* **Activity**
Go through the data and copy each line where the word "They" shows up.

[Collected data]
Content starts

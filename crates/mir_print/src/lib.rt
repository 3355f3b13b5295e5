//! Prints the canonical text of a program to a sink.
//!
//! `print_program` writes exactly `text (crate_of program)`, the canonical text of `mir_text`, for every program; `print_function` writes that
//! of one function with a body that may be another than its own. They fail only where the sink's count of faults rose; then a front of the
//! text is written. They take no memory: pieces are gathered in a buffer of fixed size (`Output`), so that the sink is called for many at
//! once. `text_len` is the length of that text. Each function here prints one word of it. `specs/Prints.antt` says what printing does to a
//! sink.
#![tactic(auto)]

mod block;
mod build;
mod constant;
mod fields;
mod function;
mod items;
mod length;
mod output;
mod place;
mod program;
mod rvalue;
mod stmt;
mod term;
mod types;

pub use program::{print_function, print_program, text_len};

Content ends
Content starts

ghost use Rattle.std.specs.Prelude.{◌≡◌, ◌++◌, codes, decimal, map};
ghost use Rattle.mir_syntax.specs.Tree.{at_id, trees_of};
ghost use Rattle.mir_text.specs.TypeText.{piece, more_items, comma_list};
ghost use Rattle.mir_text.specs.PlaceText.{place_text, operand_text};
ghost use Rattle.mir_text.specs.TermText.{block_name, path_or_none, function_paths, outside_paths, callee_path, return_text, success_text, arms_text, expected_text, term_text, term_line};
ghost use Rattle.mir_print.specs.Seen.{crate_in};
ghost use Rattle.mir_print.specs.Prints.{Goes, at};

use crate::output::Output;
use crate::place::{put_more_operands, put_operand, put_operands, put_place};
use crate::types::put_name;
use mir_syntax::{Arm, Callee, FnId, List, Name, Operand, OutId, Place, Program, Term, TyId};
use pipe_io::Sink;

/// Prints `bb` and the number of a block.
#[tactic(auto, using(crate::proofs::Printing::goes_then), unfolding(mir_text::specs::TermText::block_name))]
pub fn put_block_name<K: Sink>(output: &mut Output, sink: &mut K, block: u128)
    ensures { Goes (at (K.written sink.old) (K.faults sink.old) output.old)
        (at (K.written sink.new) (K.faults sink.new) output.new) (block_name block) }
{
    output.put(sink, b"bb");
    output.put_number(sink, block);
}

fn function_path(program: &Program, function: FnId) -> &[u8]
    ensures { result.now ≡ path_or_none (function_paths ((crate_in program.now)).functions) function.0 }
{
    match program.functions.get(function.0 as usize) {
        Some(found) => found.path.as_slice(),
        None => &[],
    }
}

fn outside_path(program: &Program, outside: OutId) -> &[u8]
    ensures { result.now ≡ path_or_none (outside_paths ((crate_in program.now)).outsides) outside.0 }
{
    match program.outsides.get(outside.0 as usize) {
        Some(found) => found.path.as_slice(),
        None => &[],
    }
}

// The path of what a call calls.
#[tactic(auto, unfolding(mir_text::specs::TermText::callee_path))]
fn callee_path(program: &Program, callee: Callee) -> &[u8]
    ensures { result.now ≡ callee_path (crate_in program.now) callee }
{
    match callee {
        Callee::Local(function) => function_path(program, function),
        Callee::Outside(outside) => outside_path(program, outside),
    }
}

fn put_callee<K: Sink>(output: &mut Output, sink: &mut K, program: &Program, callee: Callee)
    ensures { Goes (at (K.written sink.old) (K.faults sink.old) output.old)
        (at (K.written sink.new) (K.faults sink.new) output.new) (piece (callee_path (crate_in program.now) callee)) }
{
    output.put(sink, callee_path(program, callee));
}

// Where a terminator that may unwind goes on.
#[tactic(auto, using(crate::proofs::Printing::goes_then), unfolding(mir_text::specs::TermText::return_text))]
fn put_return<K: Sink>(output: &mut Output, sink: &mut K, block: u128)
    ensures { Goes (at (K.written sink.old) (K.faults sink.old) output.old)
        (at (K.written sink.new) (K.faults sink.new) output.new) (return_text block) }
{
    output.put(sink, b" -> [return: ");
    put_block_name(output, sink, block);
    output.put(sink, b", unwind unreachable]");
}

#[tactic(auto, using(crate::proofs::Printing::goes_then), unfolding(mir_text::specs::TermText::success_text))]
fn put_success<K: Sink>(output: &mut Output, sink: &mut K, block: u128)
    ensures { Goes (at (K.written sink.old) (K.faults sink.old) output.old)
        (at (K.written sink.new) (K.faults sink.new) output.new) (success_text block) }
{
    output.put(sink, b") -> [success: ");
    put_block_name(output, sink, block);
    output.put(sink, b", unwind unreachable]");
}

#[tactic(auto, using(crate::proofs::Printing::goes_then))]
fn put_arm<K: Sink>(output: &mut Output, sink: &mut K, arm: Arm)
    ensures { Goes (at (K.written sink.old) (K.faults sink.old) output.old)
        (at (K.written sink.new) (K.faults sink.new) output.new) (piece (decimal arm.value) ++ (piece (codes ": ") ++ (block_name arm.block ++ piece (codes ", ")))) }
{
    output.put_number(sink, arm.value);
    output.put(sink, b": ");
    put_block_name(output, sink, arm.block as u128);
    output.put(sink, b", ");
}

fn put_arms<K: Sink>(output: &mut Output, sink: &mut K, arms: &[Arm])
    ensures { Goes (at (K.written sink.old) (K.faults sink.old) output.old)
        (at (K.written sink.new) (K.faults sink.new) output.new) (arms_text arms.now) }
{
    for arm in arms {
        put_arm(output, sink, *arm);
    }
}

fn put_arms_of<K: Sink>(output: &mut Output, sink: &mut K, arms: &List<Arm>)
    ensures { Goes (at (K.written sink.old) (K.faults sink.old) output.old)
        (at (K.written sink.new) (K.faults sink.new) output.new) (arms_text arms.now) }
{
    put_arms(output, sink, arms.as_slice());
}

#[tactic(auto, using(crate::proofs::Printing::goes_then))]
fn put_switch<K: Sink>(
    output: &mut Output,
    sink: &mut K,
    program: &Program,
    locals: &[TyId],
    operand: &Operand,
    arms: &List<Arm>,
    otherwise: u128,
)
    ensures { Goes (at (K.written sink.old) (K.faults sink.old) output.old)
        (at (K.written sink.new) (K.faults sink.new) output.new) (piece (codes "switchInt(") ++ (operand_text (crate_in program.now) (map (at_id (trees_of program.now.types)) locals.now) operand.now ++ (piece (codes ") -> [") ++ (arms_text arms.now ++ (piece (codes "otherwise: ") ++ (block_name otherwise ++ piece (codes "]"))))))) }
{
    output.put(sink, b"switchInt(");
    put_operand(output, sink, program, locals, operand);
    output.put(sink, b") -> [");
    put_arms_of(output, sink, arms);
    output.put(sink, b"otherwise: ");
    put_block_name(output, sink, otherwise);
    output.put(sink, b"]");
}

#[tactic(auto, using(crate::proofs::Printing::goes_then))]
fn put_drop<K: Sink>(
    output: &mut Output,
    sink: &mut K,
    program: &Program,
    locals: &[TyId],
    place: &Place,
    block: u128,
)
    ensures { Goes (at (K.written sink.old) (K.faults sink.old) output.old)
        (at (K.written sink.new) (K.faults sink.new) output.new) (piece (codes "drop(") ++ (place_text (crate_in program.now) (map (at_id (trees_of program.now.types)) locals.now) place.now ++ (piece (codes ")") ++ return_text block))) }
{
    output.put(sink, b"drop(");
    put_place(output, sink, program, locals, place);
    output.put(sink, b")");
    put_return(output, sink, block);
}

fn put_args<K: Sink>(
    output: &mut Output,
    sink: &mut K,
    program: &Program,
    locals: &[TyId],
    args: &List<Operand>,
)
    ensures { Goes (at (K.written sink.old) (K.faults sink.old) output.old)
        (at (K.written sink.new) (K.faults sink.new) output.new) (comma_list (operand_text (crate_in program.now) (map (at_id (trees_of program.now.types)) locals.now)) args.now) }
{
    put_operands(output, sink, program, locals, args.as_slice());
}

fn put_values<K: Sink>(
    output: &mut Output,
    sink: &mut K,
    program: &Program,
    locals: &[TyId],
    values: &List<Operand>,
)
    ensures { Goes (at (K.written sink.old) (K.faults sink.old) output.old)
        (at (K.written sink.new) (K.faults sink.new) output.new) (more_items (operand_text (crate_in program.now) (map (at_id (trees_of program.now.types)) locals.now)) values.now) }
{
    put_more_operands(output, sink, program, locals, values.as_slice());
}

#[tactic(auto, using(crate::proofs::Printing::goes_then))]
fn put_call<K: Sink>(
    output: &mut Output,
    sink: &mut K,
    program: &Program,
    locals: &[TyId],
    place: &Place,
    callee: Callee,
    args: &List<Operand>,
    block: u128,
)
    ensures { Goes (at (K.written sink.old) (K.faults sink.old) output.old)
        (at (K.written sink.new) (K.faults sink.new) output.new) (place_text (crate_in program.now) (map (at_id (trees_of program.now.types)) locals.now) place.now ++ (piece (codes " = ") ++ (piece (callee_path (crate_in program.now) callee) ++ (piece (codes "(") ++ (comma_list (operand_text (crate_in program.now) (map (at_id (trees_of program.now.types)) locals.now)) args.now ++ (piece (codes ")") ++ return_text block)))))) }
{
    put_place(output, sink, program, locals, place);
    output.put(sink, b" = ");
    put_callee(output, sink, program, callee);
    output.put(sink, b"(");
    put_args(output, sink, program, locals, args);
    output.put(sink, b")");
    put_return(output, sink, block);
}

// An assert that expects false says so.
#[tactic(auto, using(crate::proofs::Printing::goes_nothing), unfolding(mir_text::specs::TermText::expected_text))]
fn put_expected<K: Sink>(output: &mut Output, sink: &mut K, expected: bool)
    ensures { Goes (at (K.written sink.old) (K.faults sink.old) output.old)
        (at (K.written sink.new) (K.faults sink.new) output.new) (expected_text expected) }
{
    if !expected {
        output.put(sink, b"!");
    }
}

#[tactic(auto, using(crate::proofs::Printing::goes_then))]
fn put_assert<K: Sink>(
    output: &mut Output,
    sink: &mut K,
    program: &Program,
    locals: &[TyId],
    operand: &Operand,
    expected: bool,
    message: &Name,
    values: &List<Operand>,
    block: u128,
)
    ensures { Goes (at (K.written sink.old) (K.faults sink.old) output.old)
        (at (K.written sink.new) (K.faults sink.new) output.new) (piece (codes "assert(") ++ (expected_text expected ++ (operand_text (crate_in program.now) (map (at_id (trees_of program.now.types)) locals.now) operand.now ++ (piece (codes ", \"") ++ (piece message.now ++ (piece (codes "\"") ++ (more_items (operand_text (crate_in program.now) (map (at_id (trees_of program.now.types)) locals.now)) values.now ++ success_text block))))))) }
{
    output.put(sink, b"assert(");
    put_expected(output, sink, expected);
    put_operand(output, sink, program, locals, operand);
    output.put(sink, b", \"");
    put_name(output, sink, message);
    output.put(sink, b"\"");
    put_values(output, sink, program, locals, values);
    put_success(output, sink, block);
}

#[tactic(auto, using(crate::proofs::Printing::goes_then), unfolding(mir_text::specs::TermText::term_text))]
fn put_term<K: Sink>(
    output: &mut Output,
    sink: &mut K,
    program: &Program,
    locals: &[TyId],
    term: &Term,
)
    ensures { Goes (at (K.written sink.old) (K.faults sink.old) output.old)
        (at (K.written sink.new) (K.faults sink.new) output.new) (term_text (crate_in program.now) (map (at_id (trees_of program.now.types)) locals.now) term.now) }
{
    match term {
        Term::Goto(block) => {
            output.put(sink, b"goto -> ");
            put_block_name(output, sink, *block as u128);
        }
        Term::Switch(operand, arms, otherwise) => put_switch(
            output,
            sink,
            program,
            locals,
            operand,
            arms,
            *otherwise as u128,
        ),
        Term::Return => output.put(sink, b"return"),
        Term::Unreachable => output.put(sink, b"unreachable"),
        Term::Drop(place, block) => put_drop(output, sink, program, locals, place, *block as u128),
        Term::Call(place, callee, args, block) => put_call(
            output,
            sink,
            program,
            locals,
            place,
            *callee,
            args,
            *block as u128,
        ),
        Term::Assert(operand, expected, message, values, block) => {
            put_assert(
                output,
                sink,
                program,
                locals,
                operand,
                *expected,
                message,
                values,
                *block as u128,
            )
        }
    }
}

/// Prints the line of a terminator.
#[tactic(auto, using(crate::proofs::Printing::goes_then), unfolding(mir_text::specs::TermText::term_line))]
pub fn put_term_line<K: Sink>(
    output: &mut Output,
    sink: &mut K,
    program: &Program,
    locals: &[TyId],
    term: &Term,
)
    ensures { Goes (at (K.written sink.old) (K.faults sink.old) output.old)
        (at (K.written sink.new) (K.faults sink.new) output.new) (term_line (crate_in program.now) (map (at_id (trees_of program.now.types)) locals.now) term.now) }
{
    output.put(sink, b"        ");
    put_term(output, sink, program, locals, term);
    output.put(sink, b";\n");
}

Content ends

* **Answer to this task**
//! of one function with a body that may be another than its own. They fail only where the sink's count of faults rose; then a front of the
//! text is written. They take no memory: pieces are gathered in a buffer of fixed size (`Output`), so that the sink is called for many at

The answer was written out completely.